(Beginning of Given data)

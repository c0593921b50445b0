//! The world: nodes, the link words that they share and the mailboxes between them; and the laws of worlds and of their runs.
#![tactic(auto)]

pub mod laws;
mod link_words;
mod mail;
mod mailboxes;
mod nodes;
mod state;
mod step;
mod tallies;
mod word_answers;
mod world;

pub use mail::Mail;
pub use step::{NotTaken, Reply, Settled, Step};
pub use word_answers::{Answered, answer_act};
pub use world::World;
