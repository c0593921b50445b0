//! Where a text stops being JSON, for people who look for their mistake. Whether it is JSON is for a parser to say.

ghost use Rattle.std.specs.Prelude.{◌≡◌, ◌<◌, ◌≤◌, true, ℕ, List, length, None, Some, IfOk, IfSome};
ghost use Rattle.ipcz_places.specs.Faults.{Grounds, Opens, Passes, StandsAt};
ghost use Rattle.ipcz_places.specs.Values.{BeginsIn};
ghost use Rattle.ipcz_places.specs.Walks.{Goes, IsWalk};

use crate::broken::{Broken, JsonFault};
use crate::number::behind_word;
use crate::quoted::behind_text;
use crate::values::behind_spaces;
use std::alloc::{AllocError, Global};

// How many lists and objects may stand within one another.
const MOST_LEVELS: usize = 127;

// What may stand next.
#[derive(Clone, Copy, Debug, PartialEq, Eq)]
enum Expected {
    Value,
    // a value, or the list's end
    First,
    Member,
    // a member, or the object's end
    FirstMember,
    Colon,
    // a comma or a bracket, or the text's end
    Next,
}

// How far a text is JSON: where the next token may begin, where the lists and objects begin that are open, and what may stand next.
#[derive(Drop)]
pub(crate) struct Walk {
    at: usize,
    brackets: Vec<usize>,
    expected: Expected,
}

fn fault(offset: usize, why: Broken) -> Option<JsonFault>
    ensures { result ≡ Some (record { offset = offset; why = why }) }
{
    Some(JsonFault { offset, why })
}

// The offset at which the innermost list or object begins that is open.
fn innermost(text: &[u8], walk: &Walk) -> Option<usize>
    requires { IsWalk text.now walk.now }
    ensures { IfSome result (λ bracket. Opens text.now bracket) }
{
    Some(*walk.brackets.as_slice().last()?)
}

// Passes a list's or an object's last bracket.
fn close(text: &[u8], walk: &mut Walk)
    requires walk { IsWalk text.now walk.old }
    requires within { walk.old.at < length text.now }
    ensures { Goes text.now walk.old walk.new None }
{
    walk.brackets.pop();
    walk.at += 1;
    walk.expected = Expected::Next;
}

// Passes the bracket that begins a list or an object.
fn begin(text: &[u8], walk: &mut Walk, expected: Expected) -> Result<Option<JsonFault>, AllocError>
    requires walk { IsWalk text.now walk.old }
    requires opens { Opens text.now walk.old.at }
    ensures { IfOk result (λ found. Goes text.now walk.old walk.new found) }
{
    let at = walk.at;
    if walk.brackets.len() >= MOST_LEVELS {
        return Ok(fault(at, Broken::TooDeep));
    }
    walk.brackets.push(at)?;
    walk.at = at + 1;
    walk.expected = expected;
    Ok(None)
}

// Passes a text, a number or a word, of which the end is known, or stops there.
fn pass(walk: &mut Walk, end: Result<usize, JsonFault>, expected: Expected) -> Option<JsonFault>
    ensures { (text : List ℕ) → IsWalk text walk.old → Passes text walk.old.at end → Goes text walk.old walk.new result }
{
    match end {
        Ok(end) => {
            walk.at = end;
            walk.expected = expected;
            None
        }
        Err(found) => Some(found),
    }
}

// Passes a value, or its first bracket.
fn pass_value(text: &[u8], walk: &mut Walk) -> Result<Option<JsonFault>, AllocError>
    requires walk { IsWalk text.now walk.old }
    requires begins { BeginsIn text.now walk.old.at }
    ensures { IfOk result (λ found. Goes text.now walk.old walk.new found) }
{
    let at = walk.at;
    match text[at] {
        b'[' => begin(text, walk, Expected::First),
        b'{' => begin(text, walk, Expected::FirstMember),
        b'"' => Ok(pass(walk, behind_text(text, at), Expected::Next)),
        _ => Ok(pass(walk, behind_word(text, at), Expected::Next)),
    }
}

// Passes the name of a member.
fn pass_name(text: &[u8], walk: &mut Walk) -> Option<JsonFault>
    requires walk { IsWalk text.now walk.old }
    requires begins { BeginsIn text.now walk.old.at }
    ensures { Goes text.now walk.old walk.new result }
{
    let at = walk.at;
    if text[at] != b'"' {
        return fault(at, Broken::NoMember);
    }
    pass(walk, behind_text(text, at), Expected::Colon)
}

fn pass_colon(text: &[u8], walk: &mut Walk) -> Option<JsonFault>
    requires walk { IsWalk text.now walk.old }
    requires begins { BeginsIn text.now walk.old.at }
    ensures { Goes text.now walk.old walk.new result }
{
    if text[walk.at] != b':' {
        return fault(walk.at, Broken::NoColon);
    }
    walk.at += 1;
    walk.expected = Expected::Value;
    None
}

// Whether the one bracket closes what the other one begins.
fn is_closed_by(begun: u8, byte: u8) -> bool {
    (begun == b'[' && byte == b']') || (begun == b'{' && byte == b'}')
}

// Passes what stands behind a value of a list or an object.
fn pass_next(text: &[u8], walk: &mut Walk, bracket: usize) -> Option<JsonFault>
    requires walk { IsWalk text.now walk.old }
    requires begins { BeginsIn text.now walk.old.at }
    requires opens { Opens text.now bracket }
    ensures { Goes text.now walk.old walk.new result }
{
    let byte = text[walk.at];
    if byte == b',' {
        walk.at += 1;
        walk.expected = if text[bracket] == b'{' {
            Expected::Member
        } else {
            Expected::Value
        };
        return None;
    }
    if is_closed_by(text[bracket], byte) {
        close(text, walk);
        return None;
    }
    match byte {
        b']' | b'}' => fault(walk.at, Broken::Unmatched(bracket)),
        _ => fault(walk.at, Broken::NoComma(bracket)),
    }
}

// Passes the token that stands here.
fn pass_token(text: &[u8], walk: &mut Walk) -> Result<Option<JsonFault>, AllocError>
    requires walk { IsWalk text.now walk.old }
    requires begins { BeginsIn text.now walk.old.at }
    ensures { IfOk result (λ found. Goes text.now walk.old walk.new found) }
{
    match walk.expected {
        Expected::First if text[walk.at] == b']' => {
            close(text, walk);
            Ok(None)
        }
        Expected::FirstMember if text[walk.at] == b'}' => {
            close(text, walk);
            Ok(None)
        }
        Expected::Value | Expected::First => pass_value(text, walk),
        Expected::Member | Expected::FirstMember => Ok(pass_name(text, walk)),
        Expected::Colon => Ok(pass_colon(text, walk)),
        Expected::Next => match innermost(text, walk) {
            Some(bracket) => Ok(pass_next(text, walk, bracket)),
            None => Ok(fault(walk.at, Broken::Behind)),
        },
    }
}

// Passes spaces, and a token if one stands behind them.
fn step(text: &[u8], walk: &mut Walk) -> Result<Option<JsonFault>, AllocError>
    requires walk { IsWalk text.now walk.old }
    requires within { walk.old.at < length text.now }
    ensures { IfOk result (λ found. Goes text.now walk.old walk.new found) }
{
    walk.at = behind_spaces(text, walk.at);
    if walk.at == text.len() {
        return Ok(None);
    }
    pass_token(text, walk)
}

// What is wrong at the text's end.
fn fault_at_end(text: &[u8], walk: &Walk) -> Option<JsonFault>
    requires { IsWalk text.now walk.now }
    ensures { IfSome result (λ found. Grounds text.now found.offset found.why) }
{
    match innermost(text, walk) {
        Some(bracket) => fault(text.len(), Broken::Cut(bracket)),
        None if walk.expected == Expected::Next => None,
        None => fault(text.len(), Broken::Empty),
    }
}

fn has_mark(text: &[u8]) -> bool
    ensures { result ≡ true → StandsAt text.now 0 239 }
{
    text.len() >= 3 && text[0] == 0xef && text[1] == 0xbb && text[2] == 0xbf
}

/// Where a text stops being JSON, and why; none if it doesn't, or if no mistake is found. Values may stand in 127 others.
///
/// Numbers are asked for their size roughly: some above all that a parser reads pass.
#[tactic(auto, using(crate::proofs::Grounding::grounds_within))]
pub fn json_fault(alloc: Global, text: &[u8]) -> Result<Option<JsonFault>, AllocError>
    ensures ground { IfOk result (λ found. IfSome found (λ fault. Grounds text.now fault.offset fault.why)) }
    ensures within { IfOk result (λ found. IfSome found (λ fault. fault.offset ≤ length text.now)) }
{
    if has_mark(text) {
        return Ok(fault(0, Broken::Mark));
    }
    let mut walk = Walk {
        at: 0,
        brackets: Vec::new(alloc),
        expected: Expected::Value,
    };
    'walking: while walk.at < text.len() {
        if let Some(found) = step(text, &mut walk)? {
            return Ok(Some(found));
        }
    }
    Ok(fault_at_end(text, &walk))
}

(End of Given data)

### [What the exercise asks]
One figure is all that is needed: the number of lines above in which the word "AllocError" appears.

### [Response to this task]
6